Former Concord Steam plant, and its chimney, to be torn down

  • The Concord Steam Corp. plant in Concord as seen on Tuesday, June 9, 2015. ELIZABETH FRANTZ

  • A truck filled with wood chips pulls up to the Concord Steam plant off of Pleasant Street in Concord, July 2016.

  • The Concord Steam Corporation plant on Pleasant Street. Monitor file

Monitor staff
Published: 8/24/2019 3:29:26 PM

Two years after it went cold, the former Concord Steam plant, including the chimney that has towered over south Concord for many decades, is nearing its final days.

The state has put the demolition of the 45,000-square-foot building out to bid. Work may start before winter and the structures should be gone by next July, said Michael Connor, deputy commissioner of the state Department of Administrative Services.

“The budget is $1.76 million. … A large part, close to a million dollars, is asbestos and hazardous waste removal,” he said.
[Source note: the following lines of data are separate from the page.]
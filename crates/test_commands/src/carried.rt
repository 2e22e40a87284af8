//! Commands carried out over paths and sinks in memory.
ghost use Rattle.std.specs.Prelude.{◌≡◌, None, false, IfOk, IfErr, vec_len};
ghost use Rattle.pb_base.specs.Growths.{refused_growth};
ghost use Rattle.pb_store.specs.Contents.{nothing};
ghost use Rattle.pb_texts.specs.CommandLines.{IsInRange, swaps_asked};
ghost use Rattle.pb_command.specs.Commands.{IsSequential};
ghost use Rattle.pb_files.specs.declared.paths.PathFault.TheVariants as faults;

use pb_base::{NoMemory, Sink, SinkFault};
use pb_command::{command, sequential_command};
use pb_files::{PathFault, Paths};
use pb_store::{Table, Tablet};
use pb_texts::Options;
use std::alloc::Global;
use std::rt::HostRuntime;
use std::sync::Wait;
use std::thread::Threads;
use test_fixtures::{Unready, refused, table};

// A sink that takes one byte a call, so many times, and then none, or fails.
#[derive(Drop)]
struct Sheet {
    bytes: Vec<u8>,
    left: usize,
    fails: bool,
    failed: bool,
}

impl Sink for Sheet {
    ghost taken = { λ _. None };

    ghost failed = { λ s. s.failed };

    fn write(&mut self, piece: &[u8]) -> Result<usize, SinkFault> {
        if piece.is_empty() {
            return Ok(0);
        }
        if self.left > 0 && self.bytes.push(piece[0]).is_ok() {
            self.left -= 1;
            return Ok(1);
        }
        self.failed = true;
        if self.fails { Err(SinkFault) } else { Ok(0) }
    }

    fn has_failed(&self) -> bool {
        self.failed
    }
}

/// Why a file in memory isn't read or written.
#[derive(Clone, Copy, Drop)]
pub enum Unread {
    Failed,
    TooLarge,
    /// A growth is refused, each time anew, as one is reported once.
    NoMemory,
}

impl Unread {
    /// The fault that is answered. Were the growth not refused, it would be another than the one that a test expects.
    pub fn fault(self, alloc: Global) -> PathFault {
        match self {
            Unread::Failed => PathFault::Failed,
            Unread::TooLarge => PathFault::TooLarge,
            Unread::NoMemory => match refused(alloc) {
                Err(refused) => PathFault::NoMemory(refused),
                Ok(()) => PathFault::Failed,
            },
        }
    }
}

/// What the reading of a file answers.
pub type File<'a> = Result<&'a [u8], Unread>;

/// A copy of the bytes.
pub fn copy_of(alloc: Global, bytes: &[u8]) -> Result<Vec<u8>, PathFault>
    ensures copy { IfOk result (λ v. v.items ≡ bytes.now) }
    ensures memory { IfErr result (λ f. f ≡ faults.NoMemory refused_growth) }
{
    let mut copy = Vec::new(alloc);
    match copy.extend_from_slice(bytes) {
        Ok(()) => Ok(copy),
        Err(refused) => Err(PathFault::NoMemory(NoMemory::from(refused))),
    }
}

/// The three files of a command, at the paths `m`, `s` and `e`. No write succeeds.
#[derive(Drop)]
pub struct Files<'a> {
    pub alloc: Global,
    pub manifest: File<'a>,
    pub script: File<'a>,
    pub schedule: File<'a>,
}

impl<'a> Paths for Files<'a> {
    ghost use Rattle.std.specs.Prelude.{Ok, [], ◌∷◌, if◌then◌else◌, true};
    ghost use Rattle.std.specs.Option.{option_map};
    ghost use Rattle.std.specs.Result.{result_ok};
    ghost use Rattle.std.specs.Str.{bytes_eq};

    // A file that isn't read answers a fault, but not a stated one, as it is made anew each time.
    ghost held = { λ h path. option_map (λ r. Ok r.now) (result_ok
        (if bytes_eq path (109 ∷ []) then h.manifest else if bytes_eq path (115 ∷ []) then h.script else h.schedule)) };

    ghost failed = { λ _. true };

    fn read(&mut self, path: &str) -> Result<Vec<u8>, PathFault> {
        let file = if path == "m" {
            self.manifest
        } else if path == "s" {
            self.script
        } else {
            self.schedule
        };
        match file {
            Ok(bytes) => copy_of(self.alloc, bytes),
            Err(unread) => Err(unread.fault(self.alloc)),
        }
    }

    fn write(&mut self, _path: &str, _bytes: &[u8]) -> Result<(), PathFault> {
        Err(PathFault::Failed)
    }
}

/// What a command printed, and its status.
#[derive(Drop)]
pub struct Outcome {
    pub status: u8,
    pub out: Vec<u8>,
    pub err: Vec<u8>,
}

impl Sheet {
    // An empty one.
    fn new(alloc: Global, left: usize, fails: bool) -> Sheet
        ensures { result.failed ≡ false }
    {
        Sheet {
            bytes: Vec::new(alloc),
            left,
            fails,
            failed: false,
        }
    }
}

/// Carries out a command other than `run` over these paths, with an output that takes so many bytes, and then fails or takes
/// none.
pub fn carry<P: Paths>(
    rt: &HostRuntime,
    options: &Options,
    paths: &mut P,
    left: usize,
    fails: bool,
) -> Result<Outcome, Unready>
    requires { IsSequential options.now }
{
    let alloc = rt.alloc();
    let table = table(alloc)?;
    let mut out = Sheet::new(alloc, left, fails);
    let mut err = Sheet::new(alloc, usize::MAX, fails);
    let status = sequential_command(
        alloc,
        options,
        paths,
        table,
        Vec::new(alloc),
        &mut out,
        &mut err,
    );
    Ok(Outcome {
        status,
        out: out.bytes,
        err: err.bytes,
    })
}

/// The same of any command without swaps, with workers in threads of this handle.
pub fn carry_in_threads<R: Threads + Wait + Sync, P: Paths>(
    rt: &R,
    alloc: Global,
    options: &Options,
    paths: &mut P,
    left: usize,
    fails: bool,
) -> Result<Outcome, Unready>
    requires range { IsInRange options.now }
    requires no_swaps { swaps_asked options.now ≡ 0 }
{
    let table = table(alloc)?;
    let spares = Vec::new(alloc);
    Ok(carry_over(rt, alloc, options, paths, table, spares, left, fails))
}

/// The same over this table, with these spares for its swaps.
pub fn carry_over<R: Threads + Wait + Sync, P: Paths, T: Tablet + Send>(
    rt: &R,
    alloc: Global,
    options: &Options,
    paths: &mut P,
    table: Table<T>,
    spares: Vec<(usize, T)>,
    left: usize,
    fails: bool,
) -> Outcome
    requires range { IsInRange options.now }
    requires spares { vec_len spares ≡ swaps_asked options.now }
    requires empty { table.contents ≡ nothing }
{
    let mut out = Sheet::new(alloc, left, fails);
    let mut err = Sheet::new(alloc, usize::MAX, fails);
    let status = command(rt, alloc, options, paths, table, spares, &mut out, &mut err);
    Outcome {
        status,
        out: out.bytes,
        err: err.bytes,
    }
}

/// Whether a command prints nothing but this fault.
pub fn has_told(outcome: Result<Outcome, Unready>, fault: &str) -> bool {
    match outcome {
        Ok(outcome) => {
            outcome.status == 1
                && outcome.out.is_empty()
                && outcome.err.as_slice() == fault.as_bytes()
        }
        Err(_) => false,
    }
}

/// Whether a command printed so many bytes of this text, and reports that its output then failed or
/// took none.
pub fn is_cut(outcome: Result<Outcome, Unready>, taken: usize, text: &[u8]) -> bool {
    match outcome {
        Ok(outcome) => {
            outcome.status == 1
                && outcome.out.len() == taken
                && text.starts_with(outcome.out.as_slice())
                && outcome.err.as_slice() == b"cannot write the output\n".as_slice()
        }
        Err(_) => false,
    }
}

/// Whether a command printed this text, and nothing was wrong.
pub fn has_printed(outcome: &Outcome, text: &[u8]) -> bool {
    outcome.status == 0 && outcome.err.is_empty() && outcome.out.as_slice() == text
}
Connor said the proposal would proceed in two steps. The first will remove the building and chimney, leaving a portion of one wall that helps support Industrial Drive.

“Then we want to hire a structural engineer to look and make recommendations about how we will retain that wall,” he said.

The current plan is to eventually use the area as a parking lot, with one small garage left as a carpenter shop for state use.

Old factory chimneys are often left standing as historic landmarks – the chimney at the former Page Belting Co. factory alongside I-93 Exit 15 in Concord is a good example – but the Concord Steam chimney isn’t in good enough shape to keep, Connor said. About 40 feet had to be removed from the top in 2017 because of danger that it could fall.

Plans to build a nearby parking garage on the site of some torn-down buildings associated with the former state hospital have been put on hold because bids came in much higher than expected, Connor said.

The power plant dates in some form back to the turn of the 20th century. It originally provided steam heat to the state hospital and in 1977 was bought by Roger Bloomfield, who connected it to a small plant on Bridge Street that heated some downtown buildings to create Concord Steam. Bloomfield converted the boiler from oil to wood chips at about the same time. The Bridge Street plant was demolished in 1981 and is now a parking lot.

The company grew over the years, eventually providing steam heat through underground pipes to more than 100 buildings, both in the Hugh Gallen State Office Park and throughout downtown Concord. Plans to mothball the aging power plant and build a new one were scuttled by the 2008 financial crisis, and then customers began shifting to cheaper natural gas heat. When the state announced that it was shifting much of its heating needs to gas, the company ran out of money, shutting down in May 2017.